La central électrique

La Centrale Montemartini a été la première centrale électrique publique de Rome, construite au début des années 1900 sur la Via Ostiense entre les Mercati Generali (les halles) et la rive gauche du Tibre.

Son histoire va de pair avec celle de l'Azienda Elettrica Municipale (Compagnie municipale d'électricité), aujourd'hui connue sous le nom d'Acea, qui a été fondée en 1909, à la suite d'un référendum au cours duquel les citoyens de Rome ont donné leur accord à la municipalisation des services publics.

La centrale a été inaugurée en 1912 sur ordre du maire Ernesto Nathan (1845-1921) et, déjà l'année suivante, elle prit ce nom en mémoire du conseiller pour la technologie, le professeur Giovanni Montemartini, décédé lors d'une réunion du Conseil municipal.

La zone choisie pour la construction de la centrale électrique est située sur un terrain entre la Via Ostiense et les rives du Tibre, donc propice à un approvisionnement continu en eau, nécessaire au fonctionnement des machines. De plus elle était facilement accessible par chemin de fer et par route et elle se trouvait à l'extérieur des murs de la ville n'étant ainsi pas soumise aux taxes sur les carburants.

A l'intérieur de l'usine, il y avait des turbines à vapeur (non prévues dans le projet initial) avec les chaudières correspondantes, et des moteurs diesel, tous fournis par la société Franco Tosi de Legnano. Le système de production mixte permettait de répondre de manière adéquate aux différents besoins de la demande d'électricité de la ville: les turbines garantissaient un service continu; les diesels étaient mis en marche aux heures de pointe de la consommation.

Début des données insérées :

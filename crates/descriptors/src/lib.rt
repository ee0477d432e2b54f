// A configuration body: the words of what it is made of.
#![tactic(auto)]

pub mod check;
mod checked;
pub mod endpoints;
pub mod limits;
pub mod lookup;
pub mod sequence;
pub mod survey;
pub mod types;
pub mod walk;

// A configuration's place among the configurations, from 0 on: GET_DESCRIPTOR takes it.
#[derive(Clone, Copy)]
pub struct ConfigurationIndex(pub u8);

// A configuration's bConfigurationValue: SET_CONFIGURATION takes it.
#[derive(Clone, Copy)]
pub struct ConfigurationValue(pub u8);

// One setting of one interface.
#[derive(Clone, Copy)]
pub struct Setting {
    pub interface: u8,
    pub alternate: u8,
}

// An endpoint, and the setting that lists it.
#[derive(Clone, Copy)]
pub struct Endpoint {
    pub interface: u8,
    pub alternate: u8,
    pub address: u8,
    pub attributes: u8,
}
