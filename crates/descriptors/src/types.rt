// The types of descriptors, as USB 2.0's table 9-5 and USB 3.2's table 9-6 name them.
// Kept: numbers and no enum, since a descriptor of any other type may stand in a body and is stepped over.
pub const DEVICE: u8 = 1;

pub const CONFIGURATION: u8 = 2;

pub const STRING: u8 = 3;

pub const INTERFACE: u8 = 4;

pub const ENDPOINT: u8 = 5;

pub const DEVICE_QUALIFIER: u8 = 6;

pub const OTHER_SPEED_CONFIGURATION: u8 = 7;

pub const BOS: u8 = 15;

pub const SUPERSPEED_ENDPOINT_COMPANION: u8 = 48;

// No walk looks at a type from here on: class descriptors, and companions.
pub const CLASS: u8 = 8;
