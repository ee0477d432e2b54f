// The check of a configuration body, a descriptor at a time.
ghost use Rattle.std.specs.Prelude.{◌≡◌, false, drop};
ghost use Rattle.descriptors.specs.Configuration.{good_head, good_configuration};
ghost use Rattle.descriptors.specs.Cut.{cut};
ghost use Rattle.descriptors.specs.Walk.{before, walked, collected};
ghost use Rattle.descriptors.specs.Check.{accompanied, accompanying, starting, checking, referring, configuration_refers, verdict};
ghost use Rattle.descriptors.specs.Sequence.{listable, checking_out, Turns, Ready, unaccompanied};
ghost use Rattle.octets.specs.Sentences.{◌⇒◌, every};
ghost use Rattle.octets.specs.Table.{has};

use crate::checked::Checked;
use crate::limits::{Limits, is_refused};
use crate::sequence::Order;
use crate::{sequence, types, walk};
use octets::table::holds;

// Whether a body, or bodies, are good; and whether they are and every string reference in them is in a table.
// Kept: an Option<bool> is no plainer, since the two are asked one after the other, for groups 4 and 5 (sets::opening::last_groups).
#[derive(Clone, Copy)]
pub struct Verdict {
    pub good: bool,
    pub refers: bool,
}

// The first descriptor of a body of so many bytes.
pub fn good_head(d: &[u8], size: usize) -> bool
    ensures { result ≡ good_head size d.now }
{
    if d.len() < 9 {
        return false;
    }
    let attributes = octets::peek(d, 7);
    let interfaces = octets::peek(d, 4);
    (octets::peek(d, 1) == types::CONFIGURATION)
        & (octets::word(d, 2) as usize == size)
        & (attributes / 128 == 1)
        & (attributes % 32 == 0)
        & (octets::peek(d, 8) <= 250)
        & (1 <= interfaces)
        & (interfaces <= 16)
}

// ---- the descriptors after the first, one after another
// Of a kind with companions: one comes where it is due, just behind an endpoint, and nowhere else.
fn is_accompanied(d: &[u8], due: bool) -> bool
    ensures { result ≡ accompanied due d.now }
{
    let companion = octets::peek(d, 1) == types::SUPERSPEED_ENDPOINT_COMPANION;
    if due {
        return companion & (6 <= d.len());
    }
    !companion
}

// Not good.
pub fn refuse() -> Verdict
    ensures { result ≡ verdict false false }
{
    Verdict {
        good: false,
        refers: false,
    }
}

// ---- the same in few numbers
fn set_out() -> Checked
    ensures { result ≡ checking_out }
{
    Checked {
        order: sequence::set_out(),
        refers: true,
    }
}

// An endpoint descriptor may come.
pub fn may_list(d: &[u8], order: Order, limits: Limits) -> bool
    ensures { result ≡ listable limits order d.now }
{
    if sequence::may_come(d, order) {
        return sequence::good_kind(
            limits,
            octets::peek(d, 3),
            octets::word(d, 4),
            octets::peek(d, 6),
        );
    }
    false
}

// What is known after a descriptor of any type, whose setting the step told, if it may come.
fn turn(
    d: &[u8],
    setting: u32,
    checked: Checked,
    limits: Limits,
    names: &[u32; 8],
) -> Option<Checked>
    ensures { Turns limits names.now checked setting d.now result }
{
    let order = checked.order;
    let t = octets::peek(d, 1);
    if t == types::ENDPOINT {
        if may_list(d, order, limits) {
            return Some(Checked {
                order: sequence::list(d, order),
                refers: checked.refers,
            });
        }
        return None;
    }
    if t == types::INTERFACE {
        let next = sequence::begin(d, setting, order)?;
        return Some(Checked {
            order: next,
            refers: checked.refers & holds(names, octets::peek(d, 8)),
        });
    }
    if is_refused(t) {
        return None;
    }
    Some(checked)
}

// The descriptors from `from` on, for so many interfaces, but for companions. A refusal is told by the place alone, which then is no body's end.
fn good_rest(body: &[u8], from: usize, interfaces: u8, limits: Limits, names: &[u32; 8]) -> Verdict
    requires { Ready body.now interfaces from }
    ensures { result ≡ verdict (walked (checking (unaccompanied limits) interfaces) starting before (cut (drop from body.now))) (every (has names.now) (collected referring body.now before from)) }
{
    // Kept: order and references stand apart in the loop, where a compiler keeps them in registers. To open 16,000 bytes of endpoints hk_open takes
    // 155,394 instructions on x86-64, and with one `Checked` in the loop 164,304.
    let start = set_out();
    let mut order = start.order;
    let mut refers = start.refers;
    let mut at = from;
    let last = body.len() - 1;
    while at < last {
        let size = body[at] as usize;
        let t = body[at + 1];
        if size < 2 {
            at = last;
            break;
        }
        let end = at + size;
        if types::CLASS <= t {
            at = walk::behind(body, end);
            continue;
        }
        if body.len() < end {
            at = last;
            break;
        }
        let step = walk::step_over(body, at, order.last);
        let next = step.end;
        let checked = Checked { order, refers };
        let Some(turned) = turn(&body[at..next], step.setting, checked, limits, names) else {
            at = last;
            break;
        };
        order = turned.order;
        refers = turned.refers;
        at = next;
    }
    let good = (at == body.len())
        & (sequence::next_of(order.last) == interfaces as u32)
        & (order.coming == 0);
    Verdict {
        good,
        refers: good & refers,
    }
}

// Whether companions stand where they are to, from `from` on; of a kind without them nothing is asked.
fn good_companions(body: &[u8], from: usize, limits: Limits) -> bool
    ensures { result ≡ (limits.companions ⇒ walked accompanying false before (cut (drop from body.now))) }
{
    if !limits.companions {
        return true;
    }
    let mut due = false;
    let mut last = walk::BEFORE_FIRST;
    let mut at = from;
    while at < body.len() {
        let Some(step) = walk::advance(body, at, last) else {
            return false;
        };
        let end = step.end;
        if !is_accompanied(&body[at..end], due) {
            return false;
        }
        due = octets::peek(&body[at..end], 1) == types::ENDPOINT;
        last = step.setting;
        at = end;
    }
    !due
}

// The check of a configuration body, in few words. `names` are the numbers that a string reference may be.
pub fn good_configuration(body: &[u8], limits: Limits, names: &[u32; 8]) -> Verdict
    ensures { result ≡ verdict (good_configuration limits body.now) (configuration_refers names.now body.now) }
{
    let Some(step) = walk::advance(body, 0, walk::BEFORE_FIRST) else {
        return refuse();
    };
    let end = step.end;
    let head = &body[..end];
    if !good_head(head, body.len()) {
        return refuse();
    }
    let rest = good_rest(body, end, octets::peek(head, 4), limits, names);
    let good = rest.good & good_companions(body, end, limits);
    Verdict {
        good,
        refers: good & rest.refers & holds(names, octets::peek(body, 6)),
    }
}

Au début des années 1930, la salle des machines fut entièrement rénovée; le 21 avril 1933, deux nouveaux moteurs diesel Tosi de 7500 hp de puissance furent inaugurés, remplaçant les précédents de moindre puissance.

À la fin des années 30, de nouveaux travaux ont été entamés: les préparatifs de l'Exposition universelle de Rome en 1942 battaient leur plein, et il fallait donc prévoir la consommation électrique de la zone d'exposition qui se construisait au sud de la capitale. Il a donc été décidé d'installer une nouvelle turbine à vapeur capable de développer une puissance de 20.000 Kw, équipée de deux chaudières Tosi-Steinmüller à 45 atm, pour laquelle il a fallu construire une nouvelle chaufferie sur le site de la chaufferie n. 1.

Pendant la guerre, l'usine a échappé aux bombardements alliés et a été la seule sur laquelle la ville a pu compter dans la période qui a suivi immédiatement la libération.

N'étant plus productive et économiquement adéquate, la centrale a été mise hors service au milieu des années 60. Certaines zones du complexe ont été utilisées comme entrepôts, d'autres ont été abandonnées. L'hypothèse d'une démolition complète a également été avancée. Heureusement, à la fin des années 1980, la direction de ACEA décida d'entamer une rénovation complète de l'usine historique: la salle des machines et la nouvelle chaufferie, avec les pièces correspondantes en dessous, ont été transformées en un centre d'art et un centre multimédia, tandis que les autres pièces sont devenues des bureaux, des laboratoires et des entrepôts.